INSTRUCTIONS TO FOLLOW: Report each line of the data that includes the word "false".

PROVIDED RECORDS:
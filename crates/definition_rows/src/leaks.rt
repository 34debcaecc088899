//! Leaks: which births are sampled, and which accesses are kept.

ghost use Rattle.std.specs.Prelude.{◌≡◌, [], ◌∷◌, map, true, false};
ghost use Rattle.pool_law.specs.declared.note.Did.{Did};
ghost use Rattle.pool_law.specs.declared.note.Did.TheVariants.{Birth, Touch, End};
ghost use Rattle.pool_law.specs.declared.report.Access.{Access};
ghost use Rattle.pool_law.specs.declared.run.Level.{Level};
ghost use Rattle.pool_law.specs.Leaks.{is_sampled, keeps_records, accesses, kept_of, dropped_of, births, leaks_of};
ghost use Rattle.definition_rows.specs.Notes.{default_shape, root, least_region, cache, root_place, leak};
ghost use Rattle.definition_rows.specs.LeakPlays.{touch_of, history, two_logs, live_grown};

/// By interval the first birth of a lane is sampled, and then each after so many.
pub fn sampled_serials()
    ensures every_second { map (is_sampled Level.Simple 2) (1 ∷ 2 ∷ 3 ∷ 4 ∷ [])
        ≡ true ∷ false ∷ true ∷ false ∷ [] }
    ensures every { map (is_sampled Level.Advanced 1) (1 ∷ 2 ∷ 3 ∷ []) ≡ true ∷ true ∷ true ∷ [] }
    ensures usual { map (is_sampled Level.Simple 128) (1 ∷ 2 ∷ 128 ∷ 129 ∷ 256 ∷ 257 ∷ [])
        ≡ true ∷ false ∷ false ∷ true ∷ false ∷ true ∷ [] }
    ensures disabled { map (is_sampled Level.Disabled 1) (1 ∷ 2 ∷ []) ≡ false ∷ false ∷ [] }
    ensures paranoid { map (is_sampled Level.Paranoid 128) (1 ∷ 2 ∷ 129 ∷ [])
        ≡ true ∷ true ∷ true ∷ [] }
    ensures levels_that_keep { map keeps_records
        (Level.Disabled ∷ Level.Simple ∷ Level.Advanced ∷ Level.Paranoid ∷ [])
        ≡ false ∷ false ∷ true ∷ true ∷ [] }
{}

/// The last four accesses are kept, and the others are counted as dropped.
pub fn kept_and_dropped()
    ensures none { kept_of [] ≡ [] }
    ensures four { kept_of (touch_of 1 ∷ touch_of 2 ∷ touch_of 3 ∷ touch_of 4 ∷ [])
        ≡ touch_of 1 ∷ touch_of 2 ∷ touch_of 3 ∷ touch_of 4 ∷ [] }
    ensures none_dropped { dropped_of (touch_of 1 ∷ touch_of 2 ∷ touch_of 3 ∷ touch_of 4 ∷ []) ≡ 0 }
    ensures five { kept_of (touch_of 1 ∷ touch_of 2 ∷ touch_of 3 ∷ touch_of 4 ∷ touch_of 5 ∷ [])
        ≡ touch_of 2 ∷ touch_of 3 ∷ touch_of 4 ∷ touch_of 5 ∷ [] }
    ensures one_dropped { dropped_of
        (touch_of 1 ∷ touch_of 2 ∷ touch_of 3 ∷ touch_of 4 ∷ touch_of 5 ∷ [])
        ≡ 1 }
{}

/// The accesses of a root are those between its birth and its end, with their lanes.
pub fn accesses_of_a_root()
    ensures first { accesses (root 0 1 4) false history
        ≡ Access.Set 0 1 2 ∷ Access.Get 1 0 4 ∷ [] }
    ensures second { accesses (root 0 2 4) false history ≡ Access.Touch 1 ∷ Access.Get 0 4 0 ∷ [] }
    ensures none { accesses (root 0 3 4) false history ≡ [] }
{}

/// The births of a log in order: the place of a root among them is its serial.
pub fn serials()
    ensures births { births
        (cache 0 0 1 Did.Miss ∷ root_place 5 1 (Birth (root 5 1 4) (least_region 1))
        ∷ root_place 5 2 Touch ∷ root_place 3 9 (Birth (root 3 4 8) (least_region 2)) ∷ [])
        ≡ root 5 1 4 ∷ root 3 4 8 ∷ [] }
    ensures none { births (root_place 5 2 Touch ∷ root_place 5 3 (End (root 5 1 4)) ∷ []) ≡ [] }
{}

/// The report has the live roots that are sampled, by lane and then by serial.
pub fn reports()
    ensures paranoid { leaks_of (record (default_shape 2) { level = Level.Paranoid }) two_logs
        ≡ leak 1 4 1 [] 0 ∷ leak 3 6 2 (touch_of 0 ∷ []) 0 ∷ record (leak 1 7 1 [] 0) { lane = 1 }
        ∷ [] }
    ensures every_second { leaks_of (record (default_shape 2) { interval = 2 }) two_logs
        ≡ leak 1 4 1 [] 0 ∷ leak 3 6 2 [] 0 ∷ record (leak 1 7 1 [] 0) { lane = 1 } ∷ [] }
    ensures usual { leaks_of (default_shape 2) two_logs
        ≡ leak 1 4 1 [] 0 ∷ record (leak 1 7 1 [] 0) { lane = 1 } ∷ [] }
    ensures disabled { leaks_of (record (default_shape 2) { level = Level.Disabled }) two_logs
        ≡ [] }
    // with the capacity at the end; a growth is no access
    ensures grown { leaks_of (record (default_shape 1) { level = Level.Paranoid }) live_grown
        ≡ leak 1 100 1 (Access.Set 0 0 1 ∷ Access.Get 0 0 2 ∷ Access.Get 0 99 1 ∷ []) 0 ∷ [] }
{}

WORKED SOLUTION:
ghost use Rattle.std.specs.Prelude.{◌≡◌, [], ◌∷◌, map, true, false};
        ≡ true ∷ false ∷ true ∷ false ∷ [] }
        ≡ true ∷ false ∷ false ∷ true ∷ false ∷ true ∷ [] }
    ensures disabled { map (is_sampled Level.Disabled 1) (1 ∷ 2 ∷ []) ≡ false ∷ false ∷ [] }
        ≡ false ∷ false ∷ true ∷ true ∷ [] }
    ensures first { accesses (root 0 1 4) false history
    ensures second { accesses (root 0 2 4) false history ≡ Access.Touch 1 ∷ Access.Get 0 4 0 ∷ [] }
    ensures none { accesses (root 0 3 4) false history ≡ [] }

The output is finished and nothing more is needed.